Phrase-based document categorization revisited

  • Authors:
  • Cornelis H.A. Koster;Jean G. Beney

  • Affiliations:
  • University of Nijmegen, Nijmegen, Netherlands;INSA de Lyon, Lyon, France

  • Venue:
  • Proceedings of the 2nd international workshop on Patent information retrieval
  • Year:
  • 2009

Quantified Score

Hi-index 0.00

Visualization

Abstract

This paper takes a fresh look at an old idea in Information Retrieval: the use of linguistically extracted phrases as terms in the automatic categorization (aka classification) of documents.
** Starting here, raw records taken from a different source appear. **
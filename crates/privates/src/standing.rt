//! The standing lines of an opening sheet, the lines before its first written turn: LIMIT and PAR.
ghost use Rattle.std.specs.Prelude.{◌≡◌, OnOk};
ghost use Rattle.order_grammar.specs.declared.order.Order.TheVariants.{Play};
ghost use Rattle.totals.specs.LookBack.{with_events};
ghost use Rattle.turns.specs.Small.{IsSmallReading};
ghost use Rattle.privates.specs.Standing.{after_opening_standing_line, has_place_before_turns};
ghost use Rattle.privates.specs.Standing.{opening_standing_judgement, opening_standing_refusal};
ghost use Rattle.privates.specs.Underway.{IsUnderway};
ghost use Rattle.sheets.specs.Part.{line_unread};

use crate::limit::judge_limit;
use crate::par_of_bo::judge_par;
use history::{History, OpeningRule, Refusal};
use order_grammar::{Order, PlayOrder};
use sheets::UnreadLine;
use std::alloc::AllocError;
use tables::Seat;
use turns::Family;

/// The standing lines of a sheet, the lines before its first written turn.
struct StandingLines;

impl Family for StandingLines {
    ghost place = { has_place_before_turns };

    ghost judgement = { λ lines game seat. opening_standing_refusal game.events };

    ghost may_judge = { λ game seat. Unit {0} };

    fn has_place(&self, order: &Order) -> bool {
        has_place_before_turns(order)
    }

    fn judge(&self, history: &History, _seat: Seat, order: &Order) -> Option<Refusal> {
        judge_line(history, order).map(Refusal::Opening)
    }
}

/// Rules a standing line of a seat. Overwrites `order`.
pub(crate) fn rule_standing_line(
    history: &mut History,
    seat: Seat,
    line: UnreadLine,
    order: &mut Order,
) -> Result<(), AllocError>
    requires small { IsSmallReading (line_unread line).reading }
    requires underway { IsUnderway history.old }
    ensures after { OnOk result (history.new ≡ with_events history.old
        (after_opening_standing_line seat history.old.events (line_unread line.entry))) }
    ensures underway { OnOk result (IsUnderway history.new) }
{
    turns::rule_line(&StandingLines, history, seat, line, order)?;
    Ok(())
}

/// Returns whether an order may be before the first written turn, as LIMIT and PAR may.
fn has_place_before_turns(order: &Order) -> bool
    ensures { result ≡ has_place_before_turns order.now }
{
    matches!(
        order,
        Order::Play(PlayOrder::Limit { .. } | PlayOrder::Par { .. })
    )
}

/// Returns the rule that a line breaks as a standing line; `None` if it breaks none.
fn judge_line(history: &History, order: &Order) -> Option<OpeningRule>
    ensures { result ≡ opening_standing_judgement history.now.events order.now }
{
    match order {
        Order::Play(order) => judge_standing(history, *order),
        _ => Some(OpeningRule::NotOfOpening),
    }
}

/// Returns the rule that an order breaks as a standing line; `None` if it breaks none. A LIMIT
/// breaks A2 if its private is sold. A PAR breaks A1 if it is not for BO or sets no par value, and
/// so does every other order.
pub fn judge_standing(history: &History, order: PlayOrder) -> Option<OpeningRule>
    ensures { result ≡ opening_standing_judgement history.now.events (Play order) }
{
    match order {
        PlayOrder::Limit { private, .. } => judge_limit(&history.now(), private),
        PlayOrder::Par { company, price } => judge_par(company, price),
        _ => Some(OpeningRule::NotOfOpening),
    }
}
Until now, there was found little or no evidence that document categorization benefits from the application of linguistics techniques. Classification algorithms using the most cleverly designed linguistical representations typically do no better than those using simply the bag-of-words representation. Shallow linguistical techniques are used routinely, but their positive effect on the accuracy is small at best. We have investigated the use of dependency triples as terms in document categorization, which are derived according to a dependency model based on the notion of aboutness. The documents are syntactically analyzed by a parser and transduced to dependency trees, which in turn are unnested into dependency triples following the aboutness-based model. In the process, various normalizing transformations are applied to enhance recall. We describe a sequence of large-scale experiments with different document representations, test collections and even languages, presenting evidence that adding such triples to the words in a bag-of-terms document representation may lead to a significant increase in the accuracy of document categorization.